4. **Long-run Equilibrium**:
- Entry continues until all supernormal profits are eroded.
- The long-run equilibrium is reached where \(MC = MR\) at output \(Q_{LR}\), and the AR curve is tangent to the AC curve at this output level.
- At this point, Price \(P_{LR} = AC\), meaning only normal profit is earned.

Part (b) Solution:

1. **Introduction**:
- Define oligopoly as a market structure dominated by a few large firms with high concentration and mutual interdependence.
- Identify the key elements of the debate: non-price competition (such as branding, loyalty cards, and quality improvements) and dynamic efficiency (reinvestment of supernormal profits) versus potential market failures (high prices, restricted output, and collusion).

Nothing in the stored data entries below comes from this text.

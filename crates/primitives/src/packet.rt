ghost use Rattle.std.specs.Prelude.{◌≡◌, ◌↔◌, ◌<◌, ◌^◌, IsTrue};
ghost use Rattle.primitives.specs.Holds.{IsValid};

use crate::prim::Packet;

/// Whether the value is below 2 ^ W.
fn fits<const W: u32>(value: u128) -> bool
    ensures { IsTrue result ↔ (value < 2 ^ W) }
{
    W >= 128 || value >> W == 0
}

/// Whether the packet is one of addresses of W bits: the source and the destination are below 2 ^ W, the flags below 64
/// and the state below 5.
pub fn valid<const W: u32>(p: &Packet) -> bool
    ensures { IsTrue result ↔ IsValid W p.now }
{
    is_valid::<W>(p, p.in_name.as_slice(), p.out_name.as_slice())
}

/// `valid`, of a packet with these names.
fn is_valid<const W: u32>(p: &Packet, in_name: &[u8], out_name: &[u8]) -> bool
    requires input { in_name.now ≡ p.now.in_name }
    requires output { out_name.now ≡ p.now.out_name }
    ensures { IsTrue result ↔ IsValid W p.now }
{
    let (_proto, _sport, _dport, _icmp) = (p.proto, p.sport, p.dport, p.icmp);
    if !fits::<W>(p.src) {
        return false;
    }
    if !fits::<W>(p.dst) {
        return false;
    }
    if p.flags >= 64 {
        return false;
    }
    p.state < 5
}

2. **Supporting the View (Benefits to Consumers)**:
- **Dynamic Efficiency**: Long-run supernormal profits allow firms to fund research and development (R&D). This leads to technological advancement, product innovations (e.g., smartphones, pharmaceuticals), and long-run cost reductions.
- **Non-price Competition**: Since price wars can be mutually destructive (as modeled by the kinked demand curve), firms focus on non-price factors. Consumers benefit from improved product quality, better customer support, extended warranties, and reward programs.
- **Economies of Scale**: Large-scale production allows oligopolists to achieve low average costs, which can sometimes result in lower prices for consumers compared to highly fragmented markets.

3. **Opposing the View (Drawbacks to Consumers)**:
- **Collusion and High Prices**: Interdependence can lead to tacit or explicit collusion to raise prices, reduce consumer choice, and restrict output, acting like a monopoly.
- **Allocative and Productive Inefficiency**: Oligopolies do not produce at the minimum of their AC curves (productively inefficient) and charge prices above MC (allocatively inefficient).
- **Wasted Resources**: Heavy advertising expenditures are often defensive and do not add real value to the product, representing an inefficient allocation of resources that consumers ultimately pay for through higher prices.

4. **Alternative Market Structures**:
- Compare with Perfect Competition: While perfect competition guarantees allocative efficiency, the lack of long-run supernormal profits prevents dynamic efficiency.
- Compare with Monopoly: Monopoly has the funds for dynamic efficiency but lacks any competitive incentive to pass benefits to consumers.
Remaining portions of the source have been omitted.